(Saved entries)

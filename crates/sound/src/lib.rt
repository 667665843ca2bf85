#![tactic(auto)]

// The audit of one table: is it the layout of what it decodes to, and what a run holds.
ghost use Rattle.std.specs.Prelude.{◌≡◌, ◌≢◌, ◌&&◌, ℕ, ◌/◌, ◌≤◌, ◌<◌, ◌==◌, nat_le, nat_lt, Some, length, slice_index, slice_get, IfSome, IfNone};
ghost use Rattle.lists.specs.Lists.{bit};
ghost use Rattle.layout.specs.Decode.{turn};
ghost use Rattle.rules.specs.Sound.{table_right, main_entry, annex_entry};
ghost use Rattle.sound.specs.Spans.{allowed};
ghost use Rattle.sound.specs.Lap.{no_entry, an_entry, goes_on, step, fits, start};
ghost use Rattle.sound.specs.Reading.{Read};

// The payloads from `start` on, below `end`. No `Range`: that is an iterator, and so not copied.
#[derive(Clone, Copy)]
pub struct Span {
    pub start: u32,
    pub end: u32,
}

impl Span {
    fn contains(self, payload: u32) -> bool
        ensures { result ≡ (nat_le self.start payload && nat_lt payload self.end) }
    {
        self.start <= payload && payload < self.end
    }
}

// The payloads that a table may hold: those that keep bits, and those that have lost all.
#[derive(Clone, Copy)]
pub struct Spans {
    pub kept: Span,
    pub lost: Span,
}

impl Spans {
    #[tactic(auto, unfolding(crate::specs::Spans::allowed))]
    fn allow(&self, payload: u32) -> bool
        ensures { result ≡ allowed self.now payload }
    {
        self.kept.contains(payload) || self.lost.contains(payload)
    }
}

// What a main table of 2^k slots may hold at width w.
pub fn main_spans(k: u32, w: u32) -> Spans
    requires { (3 ≤ k) × (4 ≤ w) × (w ≤ 26) }
    ensures { allowed result ≡ main_entry w k }
{
    let end = slots::pow2(w);
    let short = slots::pow2(6u32.saturating_sub(k));
    Spans {
        kept: Span {
            start: 0,
            end: end - short,
        },
        lost: Span {
            start: end - 2,
            end,
        },
    }
}

// What an annex table of fingerprint length l may hold.
pub fn annex_spans(l: u32) -> Spans
    requires { (1 ≤ l) × (l ≤ 17) }
    ensures { allowed result ≡ annex_entry l }
{
    let end = slots::pow2(18);
    Spans {
        kept: Span {
            start: end - slots::pow2(l + 1),
            end: end - slots::pow2(l),
        },
        lost: Span { start: 0, end: 0 },
    }
}

// Where the audit stands on its lap: `opened` occupied addresses are passed, `begun` runs have begun, `count` entries are passed; `last` is the payload
// of the entry in the slot before, if that holds one.
#[derive(Clone, Copy, Default)]
pub struct Lap {
    pub opened: u32,
    pub begun: u32,
    pub last: Option<u32>,
    pub count: u32,
}

impl Lap {
    // The lap after a slot with no entry.
    fn no_entry(self) -> Lap
        ensures { result ≡ no_entry self }
    {
        Lap { last: None, ..self }
    }

    // The lap after a slot with this payload: `occupied` addresses more are passed, and `begins` runs more have begun.
    fn an_entry(self, payload: u32, occupied: u32, begins: u32) -> Lap
        requires { (self.opened ≤ 1048576) × (self.begun ≤ 1048576) × (self.count ≤ 1048576) × (occupied ≤ 1) × (begins ≤ 1) }
        ensures { result ≡ an_entry self payload occupied begins }
    {
        Lap {
            opened: self.opened + occupied,
            begun: self.begun + begins,
            last: Some(payload),
            count: self.count + 1,
        }
    }

    // Whether an entry with this payload may go on the run of the slot before.
    fn goes_on(self, payload: u32) -> bool
        ensures { result ≡ goes_on self.last payload }
    {
        self.last.is_some_and(|last| last <= payload)
    }

    // One slot further, or None where this word may not stand there. The arms are those of the three low bits.
    fn step(self, word: u32, spans: &Spans) -> Option<Lap>
        requires { (self.opened ≤ 1048576) × (self.begun ≤ 1048576) × (self.count ≤ 1048576) }
        ensures { result ≡ step (allowed spans.now) self word }
    {
        let payload = word / 8;
        let occupied = word % 2;
        let allowed = spans.allow(payload);
        let waits = self.begun < self.opened;
        match word % 8 {
            0 => (word == 0 && self.begun == self.opened).then_some(self.no_entry()),
            1 => (self.begun == self.opened && allowed).then_some(self.an_entry(payload, 1, 1)),
            2..=3 => None,
            4..=5 => (waits && allowed).then_some(self.an_entry(payload, occupied, 1)),
            _ => (self.goes_on(payload) && allowed).then_some(self.an_entry(payload, occupied, 0)),
        }
    }
}

// The first empty slot.
fn first_empty(words: &[u32]) -> Option<usize>
    ensures some { IfSome result (λ z. slice_get words.now z ≡ Some 0) }
    ensures none { IfNone result ((k : ℕ) → k < length words.now → slice_index words.now k ≢ 0) }
{
    words.iter().position(|word| *word == 0)
}

// Once round from z: the words are those of a layout of `count` entries.
fn lap_from(words: &[u32], z: usize, count: u32, spans: &Spans) -> bool
    requires { (z < length words.now) × (1 < length words.now) × (length words.now ≤ 1048576) }
    ensures { result ≡ fits (allowed spans.now) count start (turn z words.now) }
{
    let mut lap = Lap::default();
    for word in words[z..].iter().chain(&words[..z]) {
        match lap.step(*word, spans) {
            Some(next) => lap = next,
            None => return false,
        }
    }
    lap.begun == lap.opened && lap.count == count
}

// Whether the words are the layout of `count` entries of what they decode to, all allowed.
pub fn is_table(words: &[u32], count: u32, t: Spans) -> bool
    requires { (count < length words.now) × (1 < length words.now) × (length words.now ≤ 1048576) }
    ensures { result ≡ table_right (allowed t) count words.now }
{
    match first_empty(words) {
        Some(z) => lap_from(words, z, count, &t),
        None => false,
    }
}

// 1 if the word's payload is p, 0 if not.
fn one_if(word: u32, p: u32) -> u32
    ensures { (result ≡ bit (p == word / 8)) × (result ≤ 1) }
{
    u32::from(p == word / 8)
}

// The length of a run, and how many tombstones and voids it has.
#[derive(Clone, Copy)]
pub struct Found {
    pub len: usize,
    pub tombstones: u32,
    pub voids: u32,
}

// The run of address c, where k entries wait on arrival: t and v are the payloads of a tombstone and a void.
pub fn read_run(words: &[u32], c: usize, k: usize, t: u32, v: u32) -> Found
    requires { (c < length words.now) × (k < length words.now) × (length words.now ≤ 1048576) }
    ensures { Read words.now c k t v result.len result.tombstones result.voids }
{
    let n = words.len();
    if words[c] % 2 == 0 {
        return Found {
            len: 0,
            tombstones: 0,
            voids: 0,
        };
    }
    let first = words[walks::around(c, k, n)];
    let mut tombstones = one_if(first, t);
    let mut voids = one_if(first, v);
    // By index: the run may go over the seam.
    for j in k + 1..n {
        let word = words[walks::around(c, j, n)];
        if word / 2 % 2 == 0 {
            return Found {
                len: j - k,
                tombstones,
                voids,
            };
        }
        tombstones += one_if(word, t);
        voids += one_if(word, v);
    }
    Found {
        len: n - k,
        tombstones,
        voids,
    }
}
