impl Lines {
    fn new(alloc: Global, labelled: bool) -> Lines
        ensures text { string_bytes result.text ≡ [] }
        ensures depth { result.depth ≡ 0 }
        ensures label { result.label ≡ (if labelled then Some 0 else None) }
    {
        Lines {
            text: String::new(alloc),
            depth: 0,
            label: if labelled { Some(0) } else { None },
        }
    }

    /// Starts a line on which no statement starts.
    fn begin(&mut self) -> Result<(), AllocError>
        ensures { OnOk result (Adds self.old self.new
            (plain_margin self.old.label ++ indent self.old.depth)) }
    {
        if self.label.is_some() {
            self.text.push_str("      ")?;
        }
        self.indent()
    }

    /// Starts the line of the next statement.
    fn begin_statement(&mut self) -> Result<(), AllocError>
        requires { IsCounted self.old }
        ensures counted { OnOk result (IsCounted self.new) }
        ensures text { OnOk result (string_bytes self.new.text ≡ string_bytes self.old.text
            ++ (statement_margin self.old.label ++ indent self.old.depth)) }
        ensures depth { OnOk result (self.new.depth ≡ self.old.depth) }
        ensures label { OnOk result (self.new.label ≡ option_map (λ n. n + 1) self.old.label) }
    {
        if let Some(label) = self.label {
            let label = label + 1;
            write!(self.text, "{label:>5} ")?;
            self.label = Some(label);
        }
        self.indent()
    }

    fn indent(&mut self) -> Result<(), AllocError>
        ensures { OnOk result (Adds self.old self.new (indent self.old.depth)) }
    {
        for _block in 0..self.depth {
            self.text.push_str("  ")?;
        }
        Ok(())
    }

    /// Ends the line of a header and opens its block.
    fn open(&mut self) -> Result<(), AllocError>
        requires { IsCounted self.old }
        ensures counted { OnOk result (IsCounted self.new) }
        ensures text { OnOk result
            (string_bytes self.new.text ≡ string_bytes self.old.text ++ codes " {\n") }
        ensures depth { OnOk result (self.new.depth ≡ self.old.depth + 1) }
        ensures label { OnOk result (self.new.label ≡ self.old.label) }
    {
        self.text.push_str(" {\n")?;
        self.depth += 1;
        Ok(())
    }

    /// Writes the line that closes a block, except its end.
    fn close(&mut self) -> Result<(), AllocError>
        requires { IsCounted self.old }
        ensures counted { OnOk result (IsCounted self.new) }
        ensures text { OnOk result (string_bytes self.new.text ≡ string_bytes self.old.text
            ++ ((plain_margin self.old.label ++ indent (self.old.depth - 1)) ++ codes "}")) }
        ensures depth { OnOk result (self.new.depth ≡ self.old.depth - 1) }
        ensures label { OnOk result (self.new.label ≡ self.old.label) }
    {
        self.depth = self.depth.saturating_sub(1);
        self.begin()?;
        self.text.push('}')
    }

    fn end(&mut self) -> Result<(), AllocError>
        ensures { OnOk result (Adds self.old self.new (codes "\n")) }
    {
        self.text.push('\n')
    }

    fn program(&mut self, program: &Program) -> Result<(), AllocError>
        requires { IsCounted self.old }
        ensures { OnOk result (with_rest self.old Margin (spelling (program_tree program.now))
            ≡ string_bytes self.new.text) }
    {
        for procedure in &program.procedures {
            self.procedure(procedure)?;
        }
        let Some(main) = &program.main else {
            return Ok(());
        };
        self.begin()?;
        self.text.push_str("main")?;
        self.open()?;
        for array in &main.arrays {
            self.array(array)?;
        }
        statements(&main.body, self)?;
        self.close()?;
        self.end()
    }

    fn array(&mut self, array: &Array) -> Result<(), AllocError>
        requires { IsCounted self.old }
        ensures counted { OnOk result (IsCounted self.new) }
        ensures written { OnOk result ((rest : List ArrayTree) (b : BlockTree) (r : List Token)
            → with_rest self.old Margin (arrays_then (array_tree array.now ∷ rest) (block_then b r))
            ≡ with_rest self.new Margin (arrays_then rest (block_then b r))) }
    {
        self.begin()?;
        let name = array.name.as_str();
        let element = element_type(array.element);
        let length = array.length;
        write!(self.text, "array {name}: {element}[{length}];")?;
        self.end()
    }

    fn procedure(&mut self, procedure: &Procedure) -> Result<(), AllocError>
        requires { IsCounted self.old }
        ensures counted { OnOk result (IsCounted self.new) }
        ensures written { OnOk result ((rest : List ProcedureTree) (m : Option MainTree)
            → with_rest self.old Margin
            (procedures_then (procedure_tree procedure.now ∷ rest) (main_tokens m))
            ≡ with_rest self.new Margin (procedures_then rest (main_tokens m))) }
    {
        self.begin()?;
        self.text.push_str("proc ")?;
        self.text.push_str(procedure.name.as_str())?;
        self.text.push('(')?;
        parameters(&procedure.parameters, &mut self.text)?;
        self.text.push(')')?;
        block(&procedure.body, self)?;
        self.end()
    }
}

Task to carry out
Look through the entries for lines containing the word "bits" and return each one.

Reply to the exercise
// The payloads that a table may hold: those that keep bits, and those that have lost all.
    // One slot further, or None where this word may not stand there. The arms are those of the three low bits.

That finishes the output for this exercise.